I think the use of $x(t) = x + t u = (x_1+tu_1,\ldots x_n+tu_n)$ is confusing since on the second line we have $\sum_{k=1}^n \frac{\partial}{\partial x_k} f(x(t)) \frac{d}{dt}(x_k + t u_k)$. And I think $\partial x_k$ should be read as $\partial (x_k +tu_k)$. Am I correct?

Does the last equality hold? Is $\sum_{k=1}^n \frac{\partial}{\partial x_k} f(x(t))u_k$ a number and $\nabla f(x+tu) \cdot u$ is a vector?

How do we use the information $t=0$?

Answer 1

The symbol $\partial_{x_k}f$ denotes the partial derivative of $f$ with respect to the $k$-th coordinate $x_k$. It should not be read as $\partial_{x_k+tu_k}f$.

In the expression $\nabla f(x+tu) \cdot u$ you have a scalar product, so the result is a number.

The evaluation at $t=0$ is performed at the end: the result of $\frac{d}{dt}f(x(t))_{|t=0}$ is in fact $\nabla f(x(0)) \cdot u$.

Answer 2

Gibbs says in a comment "The point is that you are endowing ℝn with Cartesian coordinates (x1,…,xn). Each partial derivative ∂xk is just a symbol denoting differentiation with respect to the k-th coordinate. "
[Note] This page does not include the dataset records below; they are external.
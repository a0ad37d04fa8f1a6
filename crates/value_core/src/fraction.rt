ghost use Rattle.std.specs.Prelude.{◌≡◌, ◌*◌, ◌<◌, pos, ◌≤ℤ◌};
ghost use Rattle.std.specs.Int.{int_div_euclid, int_rem_euclid};
ghost use Rattle.std.specs.Ordering.{nat_cmp};
ghost use Rattle.value_core.specs.Divisors.{IsGreatestDivisor};
ghost use Rattle.value_core.specs.Reduced.{IsReduced, IsInReach};

use std::cmp::Ordering;

/// A fraction in its lowest terms: `n` over `d`, where no lesser positive denominator gives the same
/// number. Both parts are at most 2^100 away from 0. Fractions compare as numbers.
#[derive(Clone, Copy, Debug)]
pub struct Fraction {
    /// The numerator, which carries the sign.
    pub n: i128,
    /// The denominator, at least 1.
    pub d: i128,
    pub ghost lowest: { IsReduced n d n d },
    pub ghost n_in_reach: { IsInReach n },
    pub ghost d_in_reach: { IsInReach d },
}

impl Fraction {
    ghost use Rattle.value_core.specs.Fractions.{fraction_order};

    /// The fraction that is `n` over `d`, with the least positive denominator. A whole number has the
    /// denominator 1.
    pub fn reduced(n: i128, d: i128) -> Fraction
        requires positive { pos 1 ≤ℤ d }
        requires n_in_reach { IsInReach n }
        requires d_in_reach { IsInReach d }
        ensures { IsReduced n d result.n result.d }
    {
        let divisor = greatest_divisor(n.unsigned_abs(), d.unsigned_abs()) as i128;
        Fraction {
            n: n / divisor,
            d: d / divisor,
        }
    }

    /// How two fractions stand as numbers. It divides step by step, and forms no product of their
    /// parts.
    pub fn order(&self, other: &Fraction) -> Ordering
        ensures { result ≡ fraction_order self.now other.now }
    {
        let wholes = self.floor().cmp(&other.floor());
        if wholes.is_ne() {
            return wholes;
        }
        order_of_ratios(
            self.above_floor(),
            self.d as u128,
            other.above_floor(),
            other.d as u128,
        )
    }

    /// The greatest whole number that isn't above the fraction.
    fn floor(&self) -> i128
        ensures { result ≡ int_div_euclid self.now.n self.now.d }
    {
        self.n.div_euclid(self.d)
    }

    /// How far the fraction is above its floor, in parts of its denominator.
    fn above_floor(&self) -> u128
        ensures { pos result ≡ int_rem_euclid self.now.n self.now.d }
    {
        self.n.rem_euclid(self.d) as u128
    }
}

impl PartialEq for Fraction {
    ghost use Rattle.std.proofs.Common.{rules};
    ghost use Rattle.std.specs.Cmp.Rules.{comparing};
    ghost use Rattle.std.specs.Ordering.{eq_of_both, on, int_eq};

    ghost eq = { eq_of_both (on (λ f. f.n) int_eq) (on (λ f. f.d) int_eq) };

    ghost laws = { Prim.search (comparing, rules) };

    fn eq(&self, other: &Fraction) -> bool {
        self.n == other.n && self.d == other.d
    }
}

impl Eq for Fraction {
    ghost use Rattle.std.proofs.Common.{rules};
    ghost use Rattle.std.specs.Cmp.Rules.{comparing};

    ghost laws = { Prim.search (comparing, rules) };
}

impl PartialOrd for Fraction {
    ghost use Rattle.std.specs.Cmp.{partial_order_from_own_ties, partial_order_from_total};
    ghost use Rattle.std.specs.Ordering.{as_partial_cmp};
    ghost use Rattle.value_core.specs.Fractions.{fraction_order};
    ghost use Rattle.value_core.specs.FractionLaws.{fraction_order_total, fraction_order-ties};

    ghost partial_cmp = { as_partial_cmp fraction_order };

    ghost laws = { partial_order_from_own_ties
        (partial_order_from_total fraction_order_total) fraction_order-ties };

    fn partial_cmp(&self, other: &Fraction) -> Option<Ordering> {
        Some(self.cmp(other))
    }
}

impl Ord for Fraction {
    ghost use Rattle.std.specs.Prelude.{refl};
    ghost use Rattle.value_core.specs.Fractions.{fraction_order};
    ghost use Rattle.value_core.specs.FractionLaws.{fraction_order_total, fraction_order-ties};

    ghost cmp = { fraction_order };

    ghost total = { fraction_order_total };

    ghost matches_partial_cmp = { λ x y. refl };

    ghost matches_eq = { fraction_order-ties };

    fn cmp(&self, other: &Fraction) -> Ordering {
        self.order(other)
    }
}

/// The greatest common divisor, by Euclid's algorithm.
fn greatest_divisor(a: u128, b: u128) -> u128
    ensures { IsGreatestDivisor a b result }
{
    let mut divisor = a;
    let mut rest = b;
    while rest != 0 {
        (divisor, rest) = (rest, divisor % rest);
    }
    divisor
}

/// How `a` over `b` stands to `c` over `d`: by their whole parts, and where these are equal by what
/// is left, as Euclid's algorithm divides.
fn order_of_ratios(a: u128, b: u128, c: u128, d: u128) -> Ordering
    requires first { 0 < b }
    requires second { 0 < d }
    ensures { result ≡ nat_cmp (a * d) (c * b) }
{
    let wholes = (a / b).cmp(&(c / d));
    if wholes.is_ne() {
        return wholes;
    }
    let left = a % b;
    let right = c % d;
    if left == 0 || right == 0 {
        return left.cmp(&right);
    }
    // Of two ratios above 0 the greater has the lesser reciprocal.
    order_of_ratios(d, right, b, left)
}
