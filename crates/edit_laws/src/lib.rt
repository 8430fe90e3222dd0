//! Edits of a module's body that keep a design valid and what its modules do.
//!
//! An edit says where each operation of a body goes and what stands in the new body for a value of the old one
//! (`specs/Edit.antt`), that it makes no cycle (`specs/Falls.antt`) and keeps types (`specs/Follows.antt`). Where each
//! value that it changes has the word of what stands for it, each module of the design does what it did, at any depth of
//! instances. Five edits are there to be used (`specs/Laws.antt`, `specs/Registers.antt`): an operation is changed in
//! position, taken out with a value in the place of its result, put in, or taken out where nothing names it; and a register
//! may load in another way. A module that nothing instances may go as well.
#![tactic(auto)]

mod laws;

pub use laws::{
    edits_are_lighter, edits_keep_resets, edits_preserve, erase_dead_op_preserves,
    erase_op_preserves, following_composes, insert_op_preserves, remove_module_preserves,
    replace_op_preserves, replace_register_preserves,
};
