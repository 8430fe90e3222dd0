//! The laws of edits, each a clause of a function that does nothing.

ghost use Rattle.hw_model.specs.Machine.{Same};
ghost use Rattle.hw_model.specs.Meaning.{machine};
ghost use Rattle.hw_model.specs.Hierarchy.{IsWithout};
ghost use Rattle.std.specs.Prelude.{◌≡◌, ◌≤◌, ℕ, Bool, List, Some, length, set, slice_get};
ghost use Rattle.hw_model.specs.Types.{Name, HwType};
ghost use Rattle.hw_model.specs.Design.{Ref, Op, Module, Design, find_module};
ghost use Rattle.hw_model.specs.Design.Ref.{result as op_result, undefined};
ghost use Rattle.hw_model.specs.Resets.{IsConstantOf, ResetsFromPorts};
ghost use Rattle.hw_model.specs.Weight.{kind_weight, body_weight, weight};
ghost use Rattle.edit_laws.specs.Edit.{Edit, EditedModule};
ghost use Rattle.edit_laws.specs.Resets.{marks_by_symbol, KeepsResetValues};
ghost use Rattle.edit_laws.specs.Follows.{SameEdit, ValidEdit, Valid, Follows};
ghost use Rattle.edit_laws.specs.Registers.{Reloaded};
ghost use Rattle.edit_laws.specs.Laws.{InPlace, Inserted, Erased, IsUnused, erase_op, insert_op, with_body};

/// Does nothing. Its clauses say that a design follows from a valid one with as many modules where what each symbol finds
/// is an edit of what it found that keeps what it does, and that it is valid where the edits keep it valid.
pub fn edits_preserve()
    ensures valid { (d e : Design) → length e ≡ length d → ((s : Name) → ValidEdit (find_module d s) (find_module e s)) → Valid d → Valid e }
    ensures follows { (d e : Design) → length e ≡ length d → ((s : Name) → SameEdit (find_module d s) (find_module e s)) → Valid d → Follows d e }
{}

/// Does nothing. Its clauses say that what follows from what follows follows, and that a valid design follows from itself.
pub fn following_composes()
    ensures composes { (d e f : Design) → Follows d e → Follows e f → Follows d f }
    ensures itself { (d : Design) → Valid d → Follows d d }
{}

/// Does nothing. Its clause says that a design follows from a valid one where an operation of a module is changed in place
/// to one with the same words, of results of the same types, whose operands stand lower and which fits them.
pub fn replace_op_preserves()
    ensures { (d : Design) (m : ℕ) (md : Module) (i : ℕ) (o new : Op) → Valid d → slice_get d m ≡ Some md → InPlace md i o new
        → Follows d (with_body d m md (set md.body i new)) }
{}

/// Does nothing. Its clause says that a design follows from a valid one where an operation of a module is taken out, a
/// value standing for its result that has its word and its type and stands no higher.
pub fn erase_op_preserves()
    ensures { (d : Design) (m : ℕ) (md : Module) (i : ℕ) (o : Op) (t : HwType) (x : Ref) → Valid d → slice_get d m ≡ Some md → Erased md i o t x
        → Follows d (with_body d m md (erase_op i x md.body)) }
{}

/// Does nothing. Its clause says that a design follows from a valid one where an operation that fits is put in a module.
pub fn insert_op_preserves()
    ensures { (d : Design) (m : ℕ) (md : Module) (i : ℕ) (o : Op) → Valid d → slice_get d m ≡ Some md → Inserted md i o
        → Follows d (with_body d m md (insert_op i o md.body)) }
{}

/// Does nothing. Its clause says that a design follows from a valid one where an operation of a module is taken out whose
/// results nothing names.
pub fn erase_dead_op_preserves()
    ensures { (d : Design) (m : ℕ) (md : Module) (i : ℕ) (o : Op) → Valid d → slice_get d m ≡ Some md → IsUnused md i o
        → Follows d (with_body d m md (erase_op i undefined md.body)) }
{}

/// Does nothing. Its clause says that a design follows from a valid one where a register of a module takes its next value
/// by other operands or in another form, and loads the same.
pub fn replace_register_preserves()
    ensures { (d : Design) (m : ℕ) (md : Module) (i : ℕ) (o new : Op) → Valid d → slice_get d m ≡ Some md → Reloaded md i o new
        → Follows d (with_body d m md (set md.body i new)) }
{}

/// Does nothing. Its clauses say that a valid design without a module that nothing instances is valid, and that each other
/// module does what it did.
pub fn remove_module_preserves()
    ensures valid { (d e : Design) (gone : Name) → IsWithout d e gone → Valid d → Valid e }
    ensures others { (d e : Design) (gone : Name) → IsWithout d e gone → Valid d → (top : Name) → (top ≡ gone → ⊥) → Same (machine d top) (machine e top) }
{}

/// Does nothing. Its clauses say that edits of modules keep where asynchronous resets come from, the marks of ports going
/// by the modules' symbols, where what stands for each constant that a register is so reset to is a constant; and that a
/// constant that an edit does not change or take out is one.
pub fn edits_keep_resets()
    ensures edits { (d e : Design) (marked : Module → ℕ → Bool) (each : (s : Name) → EditedModule (find_module d s) (find_module e s))
        → ((s : Name) → KeepsResetValues (find_module d s) (find_module e s) (each s)) → ResetsFromPorts d marked → ResetsFromPorts e (marks_by_symbol d marked) }
    ensures constants { (os os' : List Op) (edit : Edit os os') (j j' k : ℕ) → edit.position j ≡ Some j' → IsConstantOf os (op_result j k)
        → IsConstantOf os' (edit.stand (op_result j k)) }
{}

/// Does nothing. Its clauses say that no module becomes heavier where a module gets a body that is not heavier, where an
/// operation is taken out, or where one is changed in place to one that is not heavier.
pub fn edits_are_lighter()
    ensures body { (d : Design) (m : ℕ) (md : Module) (os : List Op) → slice_get d m ≡ Some md
        → ((inner : Name → ℕ) → body_weight inner os ≤ body_weight inner md.body) → (s : Name) → weight (with_body d m md os) s ≤ weight d s }
    ensures out { (d : Design) (m : ℕ) (md : Module) (i : ℕ) (o : Op) (x : Ref) → slice_get d m ≡ Some md → slice_get md.body i ≡ Some o
        → (s : Name) → weight (with_body d m md (erase_op i x md.body)) s ≤ weight d s }
    ensures position { (d : Design) (m : ℕ) (md : Module) (i : ℕ) (o new : Op) → slice_get d m ≡ Some md → slice_get md.body i ≡ Some o
        → ((inner : Name → ℕ) → kind_weight inner new.kind new.types (length new.operands) ≤ kind_weight inner o.kind o.types (length o.operands))
        → (s : Name) → weight (with_body d m md (set md.body i new)) s ≤ weight d s }
{}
This is absolutely right. This is hard to explain and endlessly confusing and it's a combination of the fact that 1. the conventional notation is poor and 2. a lot of textbooks are poor.

If you have a function $f$ defined on $\mathbb{R}^n$ then it takes as its input an ordered list of $n$ real numbers (i.e. a vector in $\mathbb{R}^n$). Then it's possible to form $n$ new functions $D_1f,\dots,D_nf$ called the partial derivatives of $f$. You obtain $D_if$ by the formula $$ (D_if)(x) = \lim_{h \to 0} \frac{f(x + he_i) - f(x)}{h}, $$ where $e_i$ is the $i^{th}$ basis vector.

This is an unusual way to say it, but: When you take a partial derivative it is with respect to one of positions in which you can input a number to $f$.

Confusion arises because computing derivatives is often taught as a thing that you do to an expression, i.e. you have some expression for $f(x + tu,y)$ like $$ f(x+tu,y) = x^2 + tu^3 - y $$ and then you ``take'' a partial derivative by differentiating both sides. This ultimately leads to confusion of the form you are asking about when it comes to the chain rule.